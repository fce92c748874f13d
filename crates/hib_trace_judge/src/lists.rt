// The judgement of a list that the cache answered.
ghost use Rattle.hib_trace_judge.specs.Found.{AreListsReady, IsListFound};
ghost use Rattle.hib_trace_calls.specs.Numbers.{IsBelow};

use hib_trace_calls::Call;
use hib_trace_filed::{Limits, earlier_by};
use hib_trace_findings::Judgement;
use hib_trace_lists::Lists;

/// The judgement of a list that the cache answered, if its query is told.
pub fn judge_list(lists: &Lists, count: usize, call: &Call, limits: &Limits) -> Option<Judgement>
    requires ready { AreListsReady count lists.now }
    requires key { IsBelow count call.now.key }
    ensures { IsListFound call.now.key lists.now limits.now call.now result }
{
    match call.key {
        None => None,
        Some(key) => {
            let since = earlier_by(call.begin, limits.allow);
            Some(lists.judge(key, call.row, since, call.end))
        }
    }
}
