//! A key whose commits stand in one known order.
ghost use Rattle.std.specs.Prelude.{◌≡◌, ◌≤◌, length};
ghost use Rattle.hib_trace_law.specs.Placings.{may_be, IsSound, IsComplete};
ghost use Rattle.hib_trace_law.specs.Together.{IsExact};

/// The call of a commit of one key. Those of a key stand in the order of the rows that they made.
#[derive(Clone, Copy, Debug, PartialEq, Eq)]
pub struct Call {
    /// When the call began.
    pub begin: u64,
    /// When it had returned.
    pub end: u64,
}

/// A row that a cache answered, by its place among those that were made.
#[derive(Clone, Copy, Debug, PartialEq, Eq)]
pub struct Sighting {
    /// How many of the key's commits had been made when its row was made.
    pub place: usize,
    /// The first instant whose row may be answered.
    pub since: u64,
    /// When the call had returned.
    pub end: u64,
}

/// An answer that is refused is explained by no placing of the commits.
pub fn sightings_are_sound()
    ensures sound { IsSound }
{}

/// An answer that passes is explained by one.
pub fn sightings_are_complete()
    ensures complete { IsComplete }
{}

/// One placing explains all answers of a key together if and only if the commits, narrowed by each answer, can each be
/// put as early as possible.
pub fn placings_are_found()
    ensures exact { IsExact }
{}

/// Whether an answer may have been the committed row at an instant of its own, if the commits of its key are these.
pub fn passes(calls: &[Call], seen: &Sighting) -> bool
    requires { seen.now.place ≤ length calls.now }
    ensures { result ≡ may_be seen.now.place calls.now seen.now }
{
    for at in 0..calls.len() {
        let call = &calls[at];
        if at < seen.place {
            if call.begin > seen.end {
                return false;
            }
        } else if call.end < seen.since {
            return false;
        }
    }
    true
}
════════════════════
• [Problem description]
Extract all of the data shown above and repeat it verbatim.

• [Your solution]
repository fce92c748874f13d
filename crates/hib_trace_judge/src/lists.rt
// The judgement of a list that the cache answered.
ghost use Rattle.hib_trace_judge.specs.Found.{AreListsReady, IsListFound};
ghost use Rattle.hib_trace_calls.specs.Numbers.{IsBelow};

use hib_trace_calls::Call;
use hib_trace_filed::{Limits, earlier_by};
use hib_trace_findings::Judgement;
use hib_trace_lists::Lists;

/// The judgement of a list that the cache answered, if its query is told.
pub fn judge_list(lists: &Lists, count: usize, call: &Call, limits: &Limits) -> Option<Judgement>
    requires ready { AreListsReady count lists.now }
    requires key { IsBelow count call.now.key }
    ensures { IsListFound call.now.key lists.now limits.now call.now result }
{
    match call.key {
        None => None,
        Some(key) => {
            let since = earlier_by(call.begin, limits.allow);
            Some(lists.judge(key, call.row, since, call.end))
        }
    }
}
//! A key whose commits stand in one known order.
ghost use Rattle.std.specs.Prelude.{◌≡◌, ◌≤◌, length};
ghost use Rattle.hib_trace_law.specs.Placings.{may_be, IsSound, IsComplete};
ghost use Rattle.hib_trace_law.specs.Together.{IsExact};

/// The call of a commit of one key. Those of a key stand in the order of the rows that they made.
#[derive(Clone, Copy, Debug, PartialEq, Eq)]
pub struct Call {
    /// When the call began.
    pub begin: u64,
    /// When it had returned.
    pub end: u64,
}

/// A row that a cache answered, by its place among those that were made.
#[derive(Clone, Copy, Debug, PartialEq, Eq)]
pub struct Sighting {
    /// How many of the key's commits had been made when its row was made.
    pub place: usize,
    /// The first instant whose row may be answered.
    pub since: u64,
    /// When the call had returned.
    pub end: u64,
}

/// An answer that is refused is explained by no placing of the commits.
pub fn sightings_are_sound()
    ensures sound { IsSound }
{}

/// An answer that passes is explained by one.
pub fn sightings_are_complete()
    ensures complete { IsComplete }
{}

/// One placing explains all answers of a key together if and only if the commits, narrowed by each answer, can each be
/// put as early as possible.
pub fn placings_are_found()
    ensures exact { IsExact }
{}

/// Whether an answer may have been the committed row at an instant of its own, if the commits of its key are these.
pub fn passes(calls: &[Call], seen: &Sighting) -> bool
    requires { seen.now.place ≤ length calls.now }
    ensures { result ≡ may_be seen.now.place calls.now seen.now }
{
    for at in 0..calls.len() {
        let call = &calls[at];
        if at < seen.place {
            if call.begin > seen.end {
                return false;
            }
        } else if call.end < seen.since {
            return false;
        }
    }
    true
}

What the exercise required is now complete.